Output range, inclusive: from the line containing "count = sum(count, 1)?;" to the line containing "(Trap::Depth, Trap::Depth) =>". Restate those lines from the data below word for word and only those.

Source data:
▼▼▼
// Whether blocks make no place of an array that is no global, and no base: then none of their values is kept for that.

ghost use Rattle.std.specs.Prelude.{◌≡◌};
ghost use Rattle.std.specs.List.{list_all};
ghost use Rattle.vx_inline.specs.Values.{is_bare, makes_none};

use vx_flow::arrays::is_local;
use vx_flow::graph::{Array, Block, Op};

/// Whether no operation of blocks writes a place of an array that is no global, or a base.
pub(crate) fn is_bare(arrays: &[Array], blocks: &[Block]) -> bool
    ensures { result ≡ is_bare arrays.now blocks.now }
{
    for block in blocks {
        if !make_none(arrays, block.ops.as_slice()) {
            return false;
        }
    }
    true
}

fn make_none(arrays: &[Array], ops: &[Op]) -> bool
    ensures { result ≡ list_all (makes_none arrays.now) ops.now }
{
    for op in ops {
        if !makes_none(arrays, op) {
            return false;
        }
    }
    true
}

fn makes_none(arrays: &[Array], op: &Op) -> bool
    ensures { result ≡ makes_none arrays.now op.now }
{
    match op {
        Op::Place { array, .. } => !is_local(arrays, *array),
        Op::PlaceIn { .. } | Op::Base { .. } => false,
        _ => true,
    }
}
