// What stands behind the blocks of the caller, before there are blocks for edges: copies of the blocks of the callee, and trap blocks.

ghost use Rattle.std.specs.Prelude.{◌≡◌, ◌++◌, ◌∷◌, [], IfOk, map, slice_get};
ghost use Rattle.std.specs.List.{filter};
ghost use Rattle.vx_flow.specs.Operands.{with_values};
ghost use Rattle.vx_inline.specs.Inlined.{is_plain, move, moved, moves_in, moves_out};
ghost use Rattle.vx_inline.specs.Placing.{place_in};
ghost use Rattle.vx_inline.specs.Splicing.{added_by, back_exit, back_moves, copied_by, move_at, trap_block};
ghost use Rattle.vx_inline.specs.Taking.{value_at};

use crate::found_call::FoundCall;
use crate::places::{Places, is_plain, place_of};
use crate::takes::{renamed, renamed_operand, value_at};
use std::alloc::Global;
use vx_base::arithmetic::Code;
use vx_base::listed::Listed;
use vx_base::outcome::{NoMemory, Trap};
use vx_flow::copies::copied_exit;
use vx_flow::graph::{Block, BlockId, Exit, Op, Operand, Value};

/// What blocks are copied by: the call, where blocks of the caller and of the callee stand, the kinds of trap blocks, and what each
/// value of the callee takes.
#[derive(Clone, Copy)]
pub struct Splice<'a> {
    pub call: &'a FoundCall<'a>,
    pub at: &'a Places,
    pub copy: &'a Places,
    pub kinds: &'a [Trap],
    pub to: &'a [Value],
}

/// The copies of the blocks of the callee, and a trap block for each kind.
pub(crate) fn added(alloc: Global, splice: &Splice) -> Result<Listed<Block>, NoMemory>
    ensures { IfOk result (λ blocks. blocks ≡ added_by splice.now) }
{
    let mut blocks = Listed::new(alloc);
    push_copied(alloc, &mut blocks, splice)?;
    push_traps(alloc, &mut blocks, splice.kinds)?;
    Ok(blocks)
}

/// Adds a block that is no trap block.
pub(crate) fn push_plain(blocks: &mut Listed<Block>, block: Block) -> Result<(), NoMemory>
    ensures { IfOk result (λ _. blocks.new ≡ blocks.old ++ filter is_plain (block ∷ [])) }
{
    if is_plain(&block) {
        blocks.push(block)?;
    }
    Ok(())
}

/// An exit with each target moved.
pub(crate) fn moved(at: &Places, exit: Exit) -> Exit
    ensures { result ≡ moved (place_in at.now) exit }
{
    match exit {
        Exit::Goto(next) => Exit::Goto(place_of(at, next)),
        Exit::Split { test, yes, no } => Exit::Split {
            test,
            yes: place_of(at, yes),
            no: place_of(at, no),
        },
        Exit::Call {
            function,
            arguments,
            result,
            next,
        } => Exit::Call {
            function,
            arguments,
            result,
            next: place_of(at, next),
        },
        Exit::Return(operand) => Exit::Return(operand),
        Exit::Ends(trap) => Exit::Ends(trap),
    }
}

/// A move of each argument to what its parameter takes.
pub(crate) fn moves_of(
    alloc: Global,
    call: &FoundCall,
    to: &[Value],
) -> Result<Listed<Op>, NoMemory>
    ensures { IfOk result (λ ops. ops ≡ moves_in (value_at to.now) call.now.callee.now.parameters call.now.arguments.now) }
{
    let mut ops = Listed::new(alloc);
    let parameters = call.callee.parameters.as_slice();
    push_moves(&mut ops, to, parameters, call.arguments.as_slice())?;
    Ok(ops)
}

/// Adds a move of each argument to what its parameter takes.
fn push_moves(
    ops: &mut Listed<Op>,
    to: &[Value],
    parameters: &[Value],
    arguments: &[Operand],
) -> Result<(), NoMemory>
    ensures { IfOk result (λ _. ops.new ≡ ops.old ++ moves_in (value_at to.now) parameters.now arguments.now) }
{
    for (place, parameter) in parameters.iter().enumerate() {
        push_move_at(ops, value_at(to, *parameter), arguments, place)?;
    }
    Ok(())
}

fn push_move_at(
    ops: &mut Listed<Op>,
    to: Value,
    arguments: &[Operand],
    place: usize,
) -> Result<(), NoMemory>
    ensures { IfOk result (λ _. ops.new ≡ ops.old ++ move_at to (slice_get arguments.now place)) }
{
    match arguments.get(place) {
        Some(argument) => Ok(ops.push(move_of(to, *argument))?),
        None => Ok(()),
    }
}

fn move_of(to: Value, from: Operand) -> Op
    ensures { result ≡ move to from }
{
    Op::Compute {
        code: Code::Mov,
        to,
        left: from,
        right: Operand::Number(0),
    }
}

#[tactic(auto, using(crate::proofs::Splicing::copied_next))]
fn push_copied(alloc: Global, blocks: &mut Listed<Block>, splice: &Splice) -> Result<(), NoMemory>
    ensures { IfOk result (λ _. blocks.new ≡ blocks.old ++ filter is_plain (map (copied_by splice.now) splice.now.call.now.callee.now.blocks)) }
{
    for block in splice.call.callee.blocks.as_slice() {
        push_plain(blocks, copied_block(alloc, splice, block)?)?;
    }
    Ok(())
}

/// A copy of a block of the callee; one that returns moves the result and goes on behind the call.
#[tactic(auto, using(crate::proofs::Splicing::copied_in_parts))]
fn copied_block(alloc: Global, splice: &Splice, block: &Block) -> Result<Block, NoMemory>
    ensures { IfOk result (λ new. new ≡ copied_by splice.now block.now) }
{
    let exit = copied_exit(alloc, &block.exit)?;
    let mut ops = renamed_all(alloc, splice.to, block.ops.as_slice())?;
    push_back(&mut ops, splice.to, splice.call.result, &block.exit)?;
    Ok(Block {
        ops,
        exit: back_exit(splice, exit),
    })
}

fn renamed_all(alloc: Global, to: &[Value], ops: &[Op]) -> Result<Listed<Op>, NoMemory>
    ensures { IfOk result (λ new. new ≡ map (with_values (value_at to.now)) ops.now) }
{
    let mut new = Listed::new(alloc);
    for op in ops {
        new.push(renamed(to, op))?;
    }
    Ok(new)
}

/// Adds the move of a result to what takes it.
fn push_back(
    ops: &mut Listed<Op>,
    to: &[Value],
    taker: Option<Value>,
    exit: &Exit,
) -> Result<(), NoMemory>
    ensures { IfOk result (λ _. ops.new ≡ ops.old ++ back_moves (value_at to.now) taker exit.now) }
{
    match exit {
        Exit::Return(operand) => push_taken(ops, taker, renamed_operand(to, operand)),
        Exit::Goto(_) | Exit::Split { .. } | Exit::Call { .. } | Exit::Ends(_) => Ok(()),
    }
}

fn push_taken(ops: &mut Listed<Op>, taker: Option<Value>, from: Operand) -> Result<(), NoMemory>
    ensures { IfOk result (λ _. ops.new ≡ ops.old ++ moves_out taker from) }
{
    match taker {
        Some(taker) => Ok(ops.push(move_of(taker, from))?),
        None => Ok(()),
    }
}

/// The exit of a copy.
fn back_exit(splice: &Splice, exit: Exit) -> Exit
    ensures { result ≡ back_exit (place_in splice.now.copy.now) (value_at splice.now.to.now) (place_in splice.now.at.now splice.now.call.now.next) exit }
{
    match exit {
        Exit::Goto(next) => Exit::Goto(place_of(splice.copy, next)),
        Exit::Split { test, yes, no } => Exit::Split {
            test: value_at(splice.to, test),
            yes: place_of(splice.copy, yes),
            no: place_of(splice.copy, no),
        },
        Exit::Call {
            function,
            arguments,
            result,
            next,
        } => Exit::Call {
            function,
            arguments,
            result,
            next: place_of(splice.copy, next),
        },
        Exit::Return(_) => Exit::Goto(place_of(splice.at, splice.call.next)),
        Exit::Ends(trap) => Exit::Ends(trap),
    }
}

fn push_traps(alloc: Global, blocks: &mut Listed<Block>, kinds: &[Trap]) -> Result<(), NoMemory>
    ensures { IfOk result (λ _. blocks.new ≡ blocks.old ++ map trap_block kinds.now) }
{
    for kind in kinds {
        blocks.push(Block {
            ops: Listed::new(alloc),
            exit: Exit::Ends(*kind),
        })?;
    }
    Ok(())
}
▲▲▲
▼▼▼
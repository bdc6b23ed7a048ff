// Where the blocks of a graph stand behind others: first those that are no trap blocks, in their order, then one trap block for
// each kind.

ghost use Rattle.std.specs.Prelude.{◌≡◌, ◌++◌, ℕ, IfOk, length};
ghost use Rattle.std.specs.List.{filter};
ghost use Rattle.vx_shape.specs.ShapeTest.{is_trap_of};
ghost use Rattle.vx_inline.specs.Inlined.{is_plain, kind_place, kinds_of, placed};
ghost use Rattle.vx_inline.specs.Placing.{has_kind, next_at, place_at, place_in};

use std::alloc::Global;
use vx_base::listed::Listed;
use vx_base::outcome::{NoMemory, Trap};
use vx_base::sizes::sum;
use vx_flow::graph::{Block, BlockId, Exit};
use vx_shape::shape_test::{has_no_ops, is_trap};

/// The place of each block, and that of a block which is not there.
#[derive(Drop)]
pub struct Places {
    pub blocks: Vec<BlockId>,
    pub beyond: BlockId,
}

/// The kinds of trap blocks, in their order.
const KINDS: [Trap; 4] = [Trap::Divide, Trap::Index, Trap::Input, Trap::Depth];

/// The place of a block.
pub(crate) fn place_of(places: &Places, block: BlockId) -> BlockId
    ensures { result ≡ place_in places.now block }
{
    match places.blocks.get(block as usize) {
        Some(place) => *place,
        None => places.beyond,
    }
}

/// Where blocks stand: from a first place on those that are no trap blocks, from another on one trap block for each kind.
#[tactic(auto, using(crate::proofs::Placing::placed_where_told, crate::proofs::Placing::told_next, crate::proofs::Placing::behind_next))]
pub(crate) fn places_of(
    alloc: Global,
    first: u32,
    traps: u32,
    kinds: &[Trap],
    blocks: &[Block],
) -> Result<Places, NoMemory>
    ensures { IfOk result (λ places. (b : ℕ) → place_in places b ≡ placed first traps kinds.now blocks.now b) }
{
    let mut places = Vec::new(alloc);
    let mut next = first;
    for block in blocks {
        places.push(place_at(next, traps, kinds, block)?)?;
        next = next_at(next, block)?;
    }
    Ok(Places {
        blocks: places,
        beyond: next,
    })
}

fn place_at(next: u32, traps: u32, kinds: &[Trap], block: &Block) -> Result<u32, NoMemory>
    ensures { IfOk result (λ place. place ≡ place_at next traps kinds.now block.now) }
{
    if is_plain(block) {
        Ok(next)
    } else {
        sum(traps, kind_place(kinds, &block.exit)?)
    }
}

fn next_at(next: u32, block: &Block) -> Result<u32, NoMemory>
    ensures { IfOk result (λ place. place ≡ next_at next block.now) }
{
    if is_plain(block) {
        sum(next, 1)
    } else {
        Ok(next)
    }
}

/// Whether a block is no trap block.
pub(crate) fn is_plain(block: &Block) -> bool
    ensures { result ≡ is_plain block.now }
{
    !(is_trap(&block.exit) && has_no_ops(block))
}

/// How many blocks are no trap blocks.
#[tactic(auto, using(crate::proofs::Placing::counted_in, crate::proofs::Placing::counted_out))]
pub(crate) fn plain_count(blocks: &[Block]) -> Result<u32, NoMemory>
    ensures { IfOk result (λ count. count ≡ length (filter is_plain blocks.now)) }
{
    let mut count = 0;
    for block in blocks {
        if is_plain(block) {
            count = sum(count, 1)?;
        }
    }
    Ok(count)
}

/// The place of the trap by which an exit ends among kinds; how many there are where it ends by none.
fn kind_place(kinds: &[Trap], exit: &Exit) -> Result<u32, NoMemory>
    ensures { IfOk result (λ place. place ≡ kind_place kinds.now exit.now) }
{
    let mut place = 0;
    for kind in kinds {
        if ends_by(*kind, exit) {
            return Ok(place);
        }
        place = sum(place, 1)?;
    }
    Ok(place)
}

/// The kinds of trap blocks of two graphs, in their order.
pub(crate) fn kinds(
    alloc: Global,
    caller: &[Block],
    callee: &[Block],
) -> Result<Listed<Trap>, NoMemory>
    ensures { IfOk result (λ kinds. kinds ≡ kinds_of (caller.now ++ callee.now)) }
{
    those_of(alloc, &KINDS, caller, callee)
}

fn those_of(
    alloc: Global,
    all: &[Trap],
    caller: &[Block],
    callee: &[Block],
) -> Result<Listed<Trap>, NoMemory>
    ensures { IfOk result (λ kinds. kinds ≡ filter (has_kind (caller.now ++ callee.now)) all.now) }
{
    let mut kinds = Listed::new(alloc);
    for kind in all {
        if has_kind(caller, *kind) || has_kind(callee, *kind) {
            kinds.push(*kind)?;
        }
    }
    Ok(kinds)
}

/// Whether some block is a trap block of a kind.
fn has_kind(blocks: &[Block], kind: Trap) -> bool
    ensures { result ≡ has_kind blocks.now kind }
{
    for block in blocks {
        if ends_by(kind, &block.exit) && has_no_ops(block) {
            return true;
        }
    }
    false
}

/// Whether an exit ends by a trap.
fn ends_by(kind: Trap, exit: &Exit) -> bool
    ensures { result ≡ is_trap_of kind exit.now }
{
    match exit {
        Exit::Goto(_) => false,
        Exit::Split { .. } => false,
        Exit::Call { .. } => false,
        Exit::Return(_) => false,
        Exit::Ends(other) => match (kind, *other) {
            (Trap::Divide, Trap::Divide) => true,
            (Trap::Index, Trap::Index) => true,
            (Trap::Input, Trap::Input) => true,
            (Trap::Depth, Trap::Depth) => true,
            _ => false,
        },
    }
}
▲▲▲
### Answer to this problem
            count = sum(count, 1)?;
        }
    }
    Ok(count)
}

/// The place of the trap by which an exit ends among kinds; how many there are where it ends by none.
fn kind_place(kinds: &[Trap], exit: &Exit) -> Result<u32, NoMemory>
    ensures { IfOk result (λ place. place ≡ kind_place kinds.now exit.now) }
{
    let mut place = 0;
    for kind in kinds {
        if ends_by(*kind, exit) {
            return Ok(place);
        }
        place = sum(place, 1)?;
    }
    Ok(place)
}

/// The kinds of trap blocks of two graphs, in their order.
pub(crate) fn kinds(
    alloc: Global,
    caller: &[Block],
    callee: &[Block],
) -> Result<Listed<Trap>, NoMemory>
    ensures { IfOk result (λ kinds. kinds ≡ kinds_of (caller.now ++ callee.now)) }
{
    those_of(alloc, &KINDS, caller, callee)
}

fn those_of(
    alloc: Global,
    all: &[Trap],
    caller: &[Block],
    callee: &[Block],
) -> Result<Listed<Trap>, NoMemory>
    ensures { IfOk result (λ kinds. kinds ≡ filter (has_kind (caller.now ++ callee.now)) all.now) }
{
    let mut kinds = Listed::new(alloc);
    for kind in all {
        if has_kind(caller, *kind) || has_kind(callee, *kind) {
            kinds.push(*kind)?;
        }
    }
    Ok(kinds)
}

/// Whether some block is a trap block of a kind.
fn has_kind(blocks: &[Block], kind: Trap) -> bool
    ensures { result ≡ has_kind blocks.now kind }
{
    for block in blocks {
        if ends_by(kind, &block.exit) && has_no_ops(block) {
            return true;
        }
    }
    false
}

/// Whether an exit ends by a trap.
fn ends_by(kind: Trap, exit: &Exit) -> bool
    ensures { result ≡ is_trap_of kind exit.now }
{
    match exit {
        Exit::Goto(_) => false,
        Exit::Split { .. } => false,
        Exit::Call { .. } => false,
        Exit::Return(_) => false,
        Exit::Ends(other) => match (kind, *other) {
            (Trap::Divide, Trap::Divide) => true,
            (Trap::Index, Trap::Index) => true,
            (Trap::Input, Trap::Input) => true,
            (Trap::Depth, Trap::Depth) => true,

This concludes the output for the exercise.